Why does the Java Scheduler exhibit significant time drift on Windows?
As pointed out in the comments, the ScheduledThreadPoolExecutor
bases its calculations on System.nanoTime()
. For better or worse, the old Timer
API however preceeded nanoTime()
, and so uses System.currentTimeMillis()
instead.
The difference here might seem subtle, but is more significant than one might expect. Contrary to popular belief, nanoTime()
is not just a "more accurate version" of currentTimeMillis()
. Millis is locked to system time, whereas nanos is not. Or as the docs put it:
This method can only be used to measure elapsed time and is not related to any other notion of system or wall-clock time. [...] The values returned by this method become meaningful only when the difference between two such values, obtained within the same instance of a Java virtual machine, is computed.
In your example, you're not following this guidance for the values to be "meaningful" - understandably, because the ScheduledThreadPoolExecutor
only uses nanoTime()
as an implementation detail. But the end result is the same, that being that you can't guarantee that it will stay synchronised to the system clock.
But why not? Seconds are seconds, right, so the two should stay in sync from a certain, known point?
Well, in theory, yes.

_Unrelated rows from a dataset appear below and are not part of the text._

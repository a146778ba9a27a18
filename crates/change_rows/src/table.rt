// Scripts of requests, as tables have them.

ghost use Rattle.std.specs.Prelude.{IfOk};
ghost use Rattle.tree_model.specs.Asked.{CanAsk};

use crate::beside::{Deed, Meddling};
use crate::error::RunErr;
use outside::Folder;
use outside_mem::MemFolder;
use std::alloc::Global;
use tree_model::{Request, StatChange};
use vault_path::VaultPath;

// Most bytes of a write.
const MOST_WRITTEN: usize = 65537;

// The mode OWRITE with OTRUNC (open(5)).
const TRUNCATING: u8 = 0x11;

// Most times that a text is repeated.
const MOST_TIMES: usize = 1 << 16;

// An entry of the host folder in which a script begins: a folder if it has no text.
#[derive(Clone, Copy)]
struct Entry<'a> {
    path: &'a str,
    text: Option<&'a str>,
}

// What another program does before a call of the step of a number.
#[derive(Clone, Copy)]
struct Planned<'a> {
    step: usize,
    call: u64,
    verb: &'a str,
    path: &'a str,
    argument: &'a str,
}

/// A request, and its reply in words.
#[derive(Drop)]
pub(crate) struct Step<'a> {
    verb: &'a str,
    node: u64,
    /// A name, or a number.
    argument: String,
    /// What is written, from the place that the argument is on.
    bytes: Vec<u8>,
    pub reply: &'a str,
}

/// A run of requests over a vault.
#[derive(Drop)]
pub(crate) struct Script<'a> {
    pub alloc: Global,
    pub about: &'a str,
    pub steps: Vec<Step<'a>>,
    entries: Vec<Entry<'a>>,
    planned: Vec<Planned<'a>>,
    /// Whether what waits in the end is committed.
    pub is_closed_well: bool,
    // The tree before the first request and after each.
    trees: Vec<String>,
}

fn number(field: Option<&str>) -> Result<u64, RunErr> {
    let field = field.ok_or(RunErr::Line)?;
    field.parse::<u64>().map_err(|_| RunErr::Line)
}

fn host_path(path: &str) -> Result<VaultPath, RunErr> {
    let mut whole = VaultPath::root();
    for name in path.split('/') {
        whole = whole.join(name.as_bytes()).map_err(|_| RunErr::Line)?;
    }
    Ok(whole)
}

// A text in which TEXT*N between spaces stands for N times TEXT.
fn expanded(alloc: Global, text: &str) -> Result<String, RunErr> {
    let mut whole = String::new(alloc);
    for (index, part) in text.split(' ').enumerate() {
        if index > 0 {
            whole.push_str(" ")?;
        }
        let (piece, times) = part.split_once('*').unwrap_or((part, "1"));
        let times = times.parse::<usize>().map_err(|_| RunErr::Line)?;
        if times > MOST_TIMES {
            return Err(RunErr::Line);
        }
        for _ in 0..times {
            whole.push_str(piece)?;
        }
    }
    Ok(whole)
}

fn changing<'a>(
    node: u64,
    name: Option<&'a str>,
    modified: Option<u32>,
    length: Option<u64>,
) -> Request<'a>
    ensures { CanAsk result 8192 }
{
    let change = StatChange {
        kind: None,
        device: None,
        qid: None,
        mode: None,
        accessed: None,
        modified,
        length,
        name,
        owner: None,
        group: None,
        modifier: None,
    };
    Request::Change { node, change }
}

impl<'a> Step<'a> {
    // Reads a verb, a node's number and an argument; after that of `write` there are hexadecimal
    // digits.
    fn read(alloc: Global, words: &'a str) -> Result<Step<'a>, RunErr> {
        let mut words = words.split(' ');
        Ok(Step {
            verb: words.next().ok_or(RunErr::Line)?,
            node: number(words.next())?,
            argument: expanded(alloc, words.next().unwrap_or(""))?,
            bytes: {
                let digits = expanded(alloc, words.next().unwrap_or(""))?;
                hex::decode(alloc, digits.as_str()).map_err(|_| RunErr::Line)?
            },
            reply: "",
        })
    }

    /// The request.
    pub(crate) fn request(&self) -> Result<Request<'_>, RunErr>
        ensures { IfOk result (λ request. CanAsk request 8192) }
    {
        let node = self.node;
        let name = self.argument.as_str();
        Ok(match self.verb {
            "create" | "mkdir" => Request::Create {
                node,
                name,
                is_dir: self.verb == "mkdir",
                mode: 0,
            },
            "rename" => changing(node, Some(name), None, None),
            "date" => {
                let second = name.parse::<u32>().map_err(|_| RunErr::Line)?;
                changing(node, None, Some(second), None)
            }
            "length" => changing(node, None, None, Some(number(Some(name))?)),
            "write" => Request::Write {
                node,
                at: number(Some(name))?,
                bytes: &self.bytes[..self.bytes.len().min(MOST_WRITTEN)],
            },
            "truncate" => Request::OpenNode {
                node,
                mode: TRUNCATING,
            },
            "remove" => Request::Remove { node },
            "stat" => Request::StatOf { node },
            "sync" => Request::Sync { node },
            _ => return Err(RunErr::Line),
        })
    }

    /// Whether no stop undoes it once it is done.
    pub(crate) fn is_stable(&self) -> bool {
        !matches!(self.verb, "date" | "write" | "truncate" | "stat")
    }
}

impl<'a> Script<'a> {
    fn new(alloc: Global, about: &'a str) -> Script<'a> {
        Script {
            alloc,
            about,
            steps: Vec::new(alloc),
            entries: Vec::new(alloc),
            planned: Vec::new(alloc),
            is_closed_well: true,
            trees: Vec::new(alloc),
        }
    }

    fn read_line(&mut self, key: &str, value: &'a str) -> Result<(), RunErr> {
        match key {
            "dir" | "text" => {
                let (path, text) = value.split_once(' ').unwrap_or((value, ""));
                let text = if key == "dir" { None } else { Some(text) };
                self.entries.push(Entry { path, text })?;
            }
            ">" => self.steps.push(Step::read(self.alloc, value)?)?,
            "<" => self.steps.last_mut().ok_or(RunErr::Line)?.reply = value,
            "=" => self.trees.push(expanded(self.alloc, value)?)?,
            "!" => {
                let mut words = value.split(' ');
                self.planned.push(Planned {
                    step: self.steps.len(),
                    call: number(words.next())?,
                    verb: words.next().ok_or(RunErr::Line)?,
                    path: words.next().ok_or(RunErr::Line)?,
                    argument: words.next().unwrap_or(""),
                })?;
            }
            "closing" => self.is_closed_well = false,
            _ => return Err(RunErr::Line),
        }
        Ok(())
    }

    /// The host folder in which it begins, which is on the disk.
    pub(crate) fn folder(&self) -> Result<MemFolder, RunErr> {
        let mut folder = MemFolder::new(self.alloc)?;
        for entry in &self.entries {
            let path = host_path(entry.path)?;
            match entry.text {
                None => folder.make_dir(&path)?,
                Some(text) => folder.put(&path, text.as_bytes())?,
            }
        }
        folder.sync()?;
        Ok(folder)
    }

    /// Before which requests another program changes the folder.
    pub(crate) fn meddled_steps(&self) -> Result<Vec<usize>, RunErr> {
        let mut steps = Vec::new(self.alloc);
        for planned in &self.planned {
            steps.push(planned.step)?;
        }
        Ok(steps)
    }

    /// The first deeds of another program, if the calls of their requests begin with these, the last one first.
    pub(crate) fn meddlings(&self, begins: &[u64]) -> Result<Vec<Meddling>, RunErr> {
        let mut meddlings = Vec::new(self.alloc);
        for (planned, begin) in self.planned.iter().zip(begins).rev() {
            meddlings.push(Meddling {
                call: begin.saturating_add(planned.call),
                path: host_path(planned.path)?,
                deed: match planned.verb {
                    "remove" => Deed::Remove,
                    "cut" => Deed::Cut(number(Some(planned.argument))?),
                    "put" => Deed::Put(expanded(self.alloc, planned.argument)?),
                    _ => return Err(RunErr::Line),
                },
            })?;
        }
        Ok(meddlings)
    }

    /// A tree is the one after some number of requests, `least` to `most`.
    pub(crate) fn check_tree(&self, least: usize, most: usize, found: &str) -> Result<(), RunErr> {
        for tree in self.trees.iter().take(most.saturating_add(1)).skip(least) {
            if tree.as_str() == found {
                return Ok(());
            }
        }
        Err(RunErr::Wrong(format!(in self.alloc;
            "after {least} to {most} requests the tree is \"{found}\""
        )?))
    }
}

/// The scripts of a table.
pub(crate) fn read_scripts(alloc: Global, table: &str) -> Result<Vec<Script<'_>>, RunErr> {
    let mut scripts: Vec<Script<'_>> = Vec::new(alloc);
    for line in table.lines() {
        let (key, value) = line.split_once(' ').unwrap_or((line, ""));
        if key == "vault" {
            scripts.push(Script::new(alloc, value))?;
        } else if key != "#" && !key.is_empty() {
            let script = scripts.last_mut().ok_or(RunErr::Line)?;
            script.read_line(key, value)?;
        }
    }
    Ok(scripts)
}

But in practice, probably not.
Taking a look at the relevant native code on windows:
LARGE_INTEGER current_count;
QueryPerformanceCounter(¤t_count);
double current = as_long(current_count);
double freq = performance_frequency;
jlong time = (jlong)((current/freq) * NANOSECS_PER_SEC);
return time;
We see nanos()
uses the QueryPerformanceCounter
API, which works by QueryPerformanceCounter
getting the "ticks" of a frequency that's defined by QueryPerformanceFrequency
. That frequency will stay identical, but the timer it's based off, and its synchronistaion algorithm that windows uses, varies by configuration, OS, and underlying hardware. Even ignoring the above, it's never going to be close to 100% accurate (it's based of a reasonably cheap crystal oscillator somewhere on the board, not a Caesium time standard!) so it's going to drift out with the system time as NTP keeps it in sync with reality.
In particular, this link gives some useful background, and reinforces the above pont:
When you need time stamps with a resolution of 1 microsecond or better and you don't need the time stamps to be synchronized to an external time reference, choose QueryPerformanceCounter.
(Bolding is mine.)
For your specific case of Windows 7 performing badly, note that in Windows 8+, the TSC synchronisation algorithm was improved, and QueryPerformanceCounter
was always based on a TSC (as oppose to Windows 7, where it could be a TSC, HPET or the ACPI PM timer - the latter of which is especially rather inaccurate.) I suspect this is the most likely reason the situation improves tremendously on Windows 10.
That being said, the above factors still mean that you can't rely on the ScheduledThreadPoolExecutor
to keep in time with "real" time - it will always drift. If that drift is an issue, then it's not a solution you can rely on in this context.
Side note: In Windows 8+, there is a GetSystemTimePreciseAsFileTime
function which offers the high resolution of QueryPerformanceCounter
combined with the accuracy of the system time. If Windows 7 was dropped as a supported platform, this could in theory be used to provide a System.getCurrentTimeNanos()
method or similar, assuming other similar native functions exist for other supported platforms.
CronScheduler is a project of mine designed to be proof against time drift problem, and at the same time it avoids some of the problems with the old Timer
class described in this post.
Example usage:
Duration syncPeriod = Duration.ofMinutes(1);
CronScheduler cron = CronScheduler.create(syncPeriod);
cron.scheduleAtFixedRateSkippingToLatest(0, 1, TimeUnit.MINUTES, runTimeMillis -> {
// Collect and send summary metrics to a remote monitoring system
});
Note: this project was actually inspired by this StackOverflow question.